Diabetic neuropathies

Introduction

Overview

Diabetic neuropathies include a variety of disorders that afflict diabetics fairly exclusively and are characterized by variable degrees of peripheral nerve damage. The author emphasizes the diversity of the resulting clinical syndromes. In terms of arresting or reversing the commonest type, chronic diabetic sensory-motor polyneuropathy, unfortunately no progress has been made. Other types of neuropathy in the diabetic, such as proximal diabetic neuropathy, are less common than distal symmetric sensorimotor polyneuropathy. In addition to several anticonvulsant and antidepressant medications, evidence has shown that combinations of these medications, topical drugs, and implanted electrical spinal cord stimulation may be effective in patients with refractory pain.

Key points

• Diabetes is the leading cause of peripheral polyneuropathy, and diabetic neuropathy is the most prevalent complication of diabetes, affecting about half of diabetic patients.

• Peripheral nerve dysfunction in diabetics may be caused by other common causes of neuropathies.

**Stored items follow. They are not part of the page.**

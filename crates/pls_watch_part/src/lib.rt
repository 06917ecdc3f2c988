//! The watch part of an input: events of a round in which labels change, and looks at it.
//!
//! A [`WatchEvent`] is an event of a round of messages, or gives a node its next label. A
//! [`WatchLine`] is an event or asks for a look. `specs/WatchText` says how lists of them are
//! written, one a line: [`scan_watch`] passes one watch part without memory, or names its first
//! faulty line, and the [`WatchText`] that it gives lends the text, counts its lines, its looks and
//! the bits of its labels, and reads the lines ([`WatchText::list`]). A [`ReadWatch`] has them too,
//! where they were kept while the text was passed. A [`LineQueue`] gives them out one by one, and
//! their memory back.
#![tactic(auto)]

mod boxed_label;
mod line_queue;
mod watch_event;
mod watch_read;
mod watch_text;
mod watch_words;

pub use boxed_label::BoxedLabel;
pub use line_queue::LineQueue;
pub use pls_configuration::{MAX_LINES, MAX_ROUNDS};
pub use pls_streams::NoMemory;
pub use watch_event::{WatchEvent, WatchLine};
pub use watch_read::ReadWatch;
pub use watch_text::{WatchText, scan_watch};
pub use watch_words::WatchWord;
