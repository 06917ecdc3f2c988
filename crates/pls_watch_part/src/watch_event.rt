//! What a line of a watch part says.

ghost use Rattle.std.specs.Prelude.{◌≡◌};
ghost use Rattle.pls_watch_part.specs.WatchText.{watch_event};

use crate::boxed_label::BoxedLabel;
use pls_schedule::Event;

/// What happens next in a round of messages in which labels change.
#[derive(Drop)]
pub enum WatchEvent {
    /// `emit ID PORT`: a node sends its label through a port. Emits are numbered from 1.
    Emit {
        /// The identity of the node.
        node: u32,
        /// The number of the port, from 0.
        port: u32,
    },
    /// `arrive K`: what emit number K sent reaches the node at the other end.
    Arrive(u32),
    /// `restart ID`: a node forgets what it has heard, and keeps its own label.
    Restart(u32),
    /// `relabel ID LEN HEX`: a node gets the next version of its label.
    Relabel {
        /// The identity of the node.
        node: u32,
        /// The label.
        bits: BoxedLabel,
    },
}

/// What a line of a watch part says.
#[derive(Drop)]
pub enum WatchLine {
    /// An event.
    Event(WatchEvent),
    /// `look`: the outcomes of all nodes are wanted.
    Look,
}

impl WatchEvent {
    /// An event of a round of messages.
    pub fn of(event: Event) -> WatchEvent
        ensures { result ≡ watch_event event }
    {
        match event {
            Event::Emit { node, port } => WatchEvent::Emit { node, port },
            Event::Arrive(number) => WatchEvent::Arrive(number),
            Event::Restart(node) => WatchEvent::Restart(node),
        }
    }
}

• The diagnosis of diabetic polyneuropathy includes a variety of modalities that test more specifically various peripheral nerve fibers including large fiber, small fiber somatic, and small fiber autonomic fibers.

• Although chronic distal sensorimotor polyneuropathy is the most common type of diabetic neuropathy, other generalized and focal acute and chronic diabetic neuropathies are not uncommonly encountered in neurologic clinical practice.

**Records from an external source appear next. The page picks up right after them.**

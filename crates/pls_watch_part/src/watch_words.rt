//! The lines of a watch part, read without memory.

ghost use Rattle.std.specs.Prelude.{◌≡◌, ◌≢◌, ℕ, false, List, ◌∷◌, ◌++◌, IfNone, IfSome};
ghost use Rattle.pls_labelfile.specs.LabelsText.{FitsLabel, NamedLabel, label_line};
ghost use Rattle.pls_watch_part.specs.WatchText.{FitsWatch, is_look, relabel_bits, watch_line};

use crate::boxed_label::BoxedLabel;
use crate::watch_event::{WatchEvent, WatchLine};
use pls_closing::{ClosingLine, OwnLine};
use pls_labelfile::LabelLine;
use pls_lines::{HeadingWord, LineKind, after_byte, after_line};
use pls_schedule::Event;
use pls_streams::NoMemory;
use std::alloc::Global;
use std::marker::Model;

/// The heading of a watch part.
#[derive(Drop)]
pub struct WatchWord;

impl HeadingWord for WatchWord {
    ghost use Rattle.std.specs.Prelude.{codes};
    ghost use Rattle.pls_watch_part.specs.laws.WatchLaws.{watch_heading};

    ghost word = { codes "watch" };

    ghost word_law = { watch_heading };

    fn word() -> &'static [u8] {
        b"watch"
    }
}

/// What a line of a watch part says, seen as the [`WatchLine`]. The word for a label's bits is
/// lent.
#[derive(Drop)]
pub(crate) struct WatchWords<'a> {
    words: Words<'a>,
}

/// The line of an event of a round, of a label, or of a look.
#[derive(Drop)]
pub(crate) enum Words<'a> {
    // A line that is no label's and no look's.
    Plain(Event),
    // A line that gives a label.
    Relabel(LabelLine<'a>),
    // A line that asks for a look.
    Look,
}

impl<'a> Model for WatchWords<'a> {
    ghost use Rattle.pls_watch_part.specs.declared.watch_event.WatchLine.{WatchLine};
    ghost use Rattle.pls_watch_part.specs.inner.Words.{line_said};

    ghost Value = { WatchLine };

    ghost view = { λ line. line_said line.words };
}

impl<'a> LineKind<'a> for WatchWords<'a> {
    ghost use Rattle.pls_watch_part.specs.WatchText.{FitsWatch, watch_line};
    ghost use Rattle.pls_watch_part.specs.laws.WatchLaws.{watch_lines};

    ghost written = { watch_line };

    ghost Fits = { FitsWatch };

    ghost kind_law = { watch_lines };

    fn read(text: &'a [u8]) -> Option<(Self, &'a [u8])> {
        if let Some((event, rest)) = Event::read(text) {
            let words = Words::Plain(event);
            return Some((WatchWords { words }, rest));
        }
        if let Some(rest) = after_line(text, b"look") {
            let words = Words::Look;
            return Some((WatchWords { words }, rest));
        }
        let (label, rest) = relabel_line(text)?;
        let words = Words::Relabel(label);
        Some((WatchWords { words }, rest))
    }
}

impl<'a> ClosingLine<'a> for WatchWords<'a> {
    ghost use Rattle.std.specs.Prelude.{false};
    ghost use Rattle.pls_watch_part.specs.WatchText.{is_look, relabel_bits};
    ghost use Rattle.pls_watch_part.specs.laws.WatchLaws.{some_look};

    ghost closes = { is_look };

    ghost bits = { relabel_bits };

    ghost may_lack = { false };

    ghost closing_law = { some_look };

    fn closes(&self) -> bool
        ensures { result ≡ is_look self.now }
    {
        matches!(&self.words, Words::Look)
    }

    fn bits(&self) -> u64
        ensures { result ≡ relabel_bits self.now }
    {
        match &self.words {
            Words::Relabel(label) => label.len() as u64,
            _ => 0,
        }
    }

    fn may_lack() -> bool
        ensures { result ≡ false }
    {
        false
    }
}

/// The bits of a label on their own.
impl<'a> OwnLine<'a> for WatchWords<'a> {
    type Line = WatchLine;

    ghost line = { λ words. words };

    fn into_line(self, alloc: Global) -> Result<WatchLine, NoMemory> {
        match self.words {
            Words::Plain(event) => Ok(WatchLine::Event(WatchEvent::of(event))),
            Words::Relabel(label) => {
                let bits = BoxedLabel::new(alloc, label.to_bits(alloc)?)?;
                let node = label.id();
                Ok(WatchLine::Event(WatchEvent::Relabel { node, bits }))
            }
            Words::Look => Ok(WatchLine::Look),
        }
    }
}

// Reads `relabel ID LEN HEX` up to its line feed and returns the rest; behind `re` it is a label
// line.
fn relabel_line<'a>(text: &'a [u8]) -> Option<(LabelLine<'a>, &'a [u8])>
    ensures fits { IfSome result (λ read. FitsLabel read.0) }
    ensures stands { IfSome result (λ read.
        text.now ≡ 114 ∷ 101 ∷ label_line read.0 ++ 10 ∷ read.1.now) }
    ensures none { IfNone result ((label : NamedLabel) (rest : List ℕ) → FitsLabel label
        → text.now ≢ 114 ∷ 101 ∷ label_line label ++ 10 ∷ rest) }
{
    let word = after_byte(text, b'r')?;
    let label = after_byte(word, b'e')?;
    LabelLine::read(label)
}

• Optimal glucose control remains the most important prevention and treatment strategies in diabetic polyneuropathy.

• Various pharmacologic and nonpharmacologic treatments are available for the management of neuropathic pain; however, comorbidities and potential drug-drug interactions should be considered in offering judicious treatment choices.

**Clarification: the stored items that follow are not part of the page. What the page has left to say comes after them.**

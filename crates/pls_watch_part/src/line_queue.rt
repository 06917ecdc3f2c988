//! The lines of a watch, one after another.

ghost use Rattle.std.specs.Prelude.{◌≡◌, ◌∷◌, [], IfNone, IfSome};

use crate::watch_event::WatchLine;
use std::marker::Model;

// Memory is given back once for this many lines: to ask at each line would take longer than the
// line.
const PIECE: usize = 16_384;

/// The lines of a watch, taken one by one from the first on. The memory of lines that were taken is
/// given back now and then. Seen as the lines that are left.
#[derive(Drop)]
pub struct LineQueue {
    // The first of them stands last, so that what is free once it is taken can be given back.
    left: Vec<WatchLine>,
}

impl Model for LineQueue {
    ghost use Rattle.std.specs.Prelude.{List, reverse};
    ghost use Rattle.pls_watch_part.specs.declared.watch_event.WatchLine.{WatchLine};

    ghost Value = { List WatchLine };

    ghost view = { λ queue. reverse queue.left.items };
}

impl LineQueue {
    /// All lines are left. It takes no memory.
    pub fn of(lines: Vec<WatchLine>) -> LineQueue
        ensures { result ≡ lines.items }
    {
        let mut left = lines;
        left.reverse();
        LineQueue { left }
    }

    /// Takes the first line that is left; `None` where none is.
    pub fn take(&mut self) -> Option<WatchLine>
        ensures line { IfSome result (λ line. self.old ≡ line ∷ self.new) }
        ensures none { IfNone result (self.old ≡ []) }
        ensures unchanged { IfNone result (self.new ≡ []) }
    {
        let line = self.left.pop();
        if self.left.len() % PIECE == 0 {
            self.left.shrink_to_fit();
        }
        line
    }
}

Historical note and terminology

Diabetes mellitus has four major systemic complications: (1) neuropathy, (2) retinopathy, (3) nephropathy, and (4) vasculopathy. Diabetic neuropathy is defined as the presence of symptoms and signs of peripheral nerve dysfunction in patients with diabetes. In addition, diabetes remains the leading cause of peripheral polyneuropathy in developed countries.

Diabetic neuropathies consist of a variety of syndromes resulting from different types of damage to peripheral or cranial nerves. These complications of diabetes have been recognized for at least two centuries. In the late 1800s, a series of papers appeared in which many of the subtypes of diabetic neuropathies were defined (05; 85; 13; 111). Included in these descriptions are patients with diabetic sensorimotor polyneuropathy as well as others with proximal diabetic, truncal, median, and ulnar neuropathies. Bruns focused further on the entity of proximal diabetic neuropathy (24). Diabetic polyneuropathy was recognized as having various manifestations; Leyden identified three subtypes: painful, ataxic, and paralytic. Autopsy studies on several patients showed peripheral nerve degeneration (85; 13). In 1922, Kraus proposed a classification of diabetic neuropathies into polyneuropathy and mononeuropathy as well as motor, sensory, and cranial types (78). The contemporary and clinical classification of diabetic neuropathies is shown in Table 1 (132; 17; 129; 102).

Table 1. Classification of Diabetic Neuropathies

Symmetric polyneuropathies

Relatively fixed deficits

• Distal symmetric sensorimotor polyneuropathy
• Autonomic neuropathy
• Pseudosyringomyelic neuropathy
• Pseudotabetic neuropathy
• Small fiber neuropathy

Episodic or transient symptoms

• Hyperglycemic neuropathy
• Acute painful sensory neuropathy or diabetic neuropathic cachexia
• Treatment-induced neuropathy

Asymmetric/focal and multifocal neuropathies

• Cranial neuropathies
• Truncal neuropathy
• Proximal diabetic neuropathy (diabetic amyotrophy, diabetic radiculoplexopathy)
• Focal limb mononeuropathies

Modified and adapted from (102).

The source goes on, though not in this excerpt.